The PisCES algorithm (11) is designed to identify cluster structure that varies smoothly over adjacent developmental periods. Following CSN construction for a smooth trajectory, where the cells have been binned by similar pseudotimes, we apply the PisCES algorithm using the average CSN of each bin as input. The time-varying community structure can then be visualized using Sankey plots.

Runtime of locCSN

The CSN approach can be computationally intensive because we compute a test statistics for each pair of genes and each cell; however, a number of speed ups are possible. By replacing cells with metacells (20), we can reduce the computational complexity substantially. We also provide an approximate CSN calculation by partitioning the outcome space for each pair of genes into a grid. Cells that fall into the same grid yield the same test statistic. With these approximations, CSN can be readily applied to larger datasets with good accuracy (SI Appendix, section 8 and Fig. S22). Computational time can also be reduced by limiting the number of genes. While a large number of genes are expressed overall, a relatively modest number of genes are expressed in each cell type, and it is natural to restrict analysis to this subset. Another option is to limit investigation to genes of particular biological interest, such as those implicated in disease or involved in biological processes of interest. Alternatively, to construct a network for a large number of genes (∼1,000), the CSN computation can be applied to each gene pair in parallel.

If only the average CSN is required, cells may be sampled (stratifying within cell type) to reduce computation. To accommodate massive datasets, a possible direction for future work might be to consider fast or vectorizable implementations.

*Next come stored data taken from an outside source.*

//! The table of costs: what each branch of a libfunc takes, and the expressions of its results.
//!
//! The signature of a libfunc and the types come in, for the results with the expressions of the arguments; costs and
//! expressions go out. The places and the gas plan read both, and each lowering keeps to them.
#![tactic(auto)]

mod arrays;
mod close;
mod control;
mod costing;
mod costs;
mod data;
mod dictionaries;
mod expressions;
mod felts;
mod gas;
mod integers;
mod laws;
mod mark;
mod part;
mod row;
mod sizes;

pub use close::{are_close, is_close};
pub use costing::cost;
pub use costs::{ApChange, Cost};
pub use expressions::results;
pub use laws::{
    free_or_ten, leaving_is_charged, moves_are_charged, moves_are_few, new_cells_are_last,
    results_are_in_field, results_have_their_cells,
};
pub use mark::Mark;
pub use sizes::cells_of;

This may require precomputation of required quantities; for example, computing the window counts $n_{xy}^{(j)}$ for all cells j might be vectorizable by first constructing a two-dimensional cumulative distribution function of cell counts for a given gene pair.

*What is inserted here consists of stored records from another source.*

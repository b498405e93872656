//! Calls and gas.

ghost use Rattle.std.specs.Prelude.{◌≡◌, ◌<◌, ◌^◌};
ghost use Rattle.type_table.specs.View.{TypesView};
ghost use Rattle.libfunc_registry.specs.Fam.{fam_of};
ghost use Rattle.cost_table.specs.Gas as rows;
ghost use Rattle.cost_table.specs.Groups.{if_gas};
ghost use Rattle.cost_table.specs.Parts.{ArePartsOf};

use crate::part::{Parts, laid, last, pointer, whole};
use crate::row::{Row, by_branch, known, unknown};
use libfunc_registry::Libfunc;

/// The row of a branch of a libfunc of this group.
pub(crate) fn gas_row(libfunc: Libfunc, branch: usize) -> Option<Row>
    ensures { (types : TypesView) → result ≡ if_gas (λ fam. rows.gas_row fam branch) (fam_of types libfunc) }
{
    match libfunc {
        Libfunc::FunctionCall(_) => Some(unknown(1, 0)),
        Libfunc::WithdrawGas => Some(by_branch(branch, known(5, 1, 4), known(7, 1, 4))),
        _ => None,
    }
}

/// The terms of the results of a branch of a libfunc of this group, which take so many cells.
pub(crate) fn gas_parts(libfunc: Libfunc, row: Row, cells: u64, branch: usize) -> Option<Parts>
    requires { cells < 2 ^ 62 }
    ensures { (types : TypesView) → ArePartsOf (if_gas (λ fam. rows.gas_terms row cells fam branch) (fam_of types libfunc)) result }
{
    match libfunc {
        Libfunc::FunctionCall(_) => Some(Parts::Single(laid(cells))),
        Libfunc::WithdrawGas => Some(by_branch(
            branch,
            Parts::Double(pointer(row), last(row, 1)),
            Parts::Double(pointer(row), whole(1)),
        )),
        _ => None,
    }
}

The examples of runtime against input matrix size are shown in SI Appendix, Table S16. Runtimes are measured under Python 3.7.6 [MSC v.1916 32 bit (Intel)]. The runtimes for real data analysis are provided in SI Appendix, Table S17.

Data Availability

All data used in this manuscript are publicly available. The description of dataset for analysis is in SI Appendix, section 9. The accession numbers and links of third-party high-throughput sequencing data obtained from the Gene Expression Omnibus and European Bioinformatics Institute databases are listed in SI Appendix, Table S18, respectively. All of the code used in these analyses is covered by the MIT License and is available from GitHub: https://github.com/xuranw/locCSN.

Previously published data were used for this work (15, 16, 18).

Change History

January 21, 2022: The byline has been updated.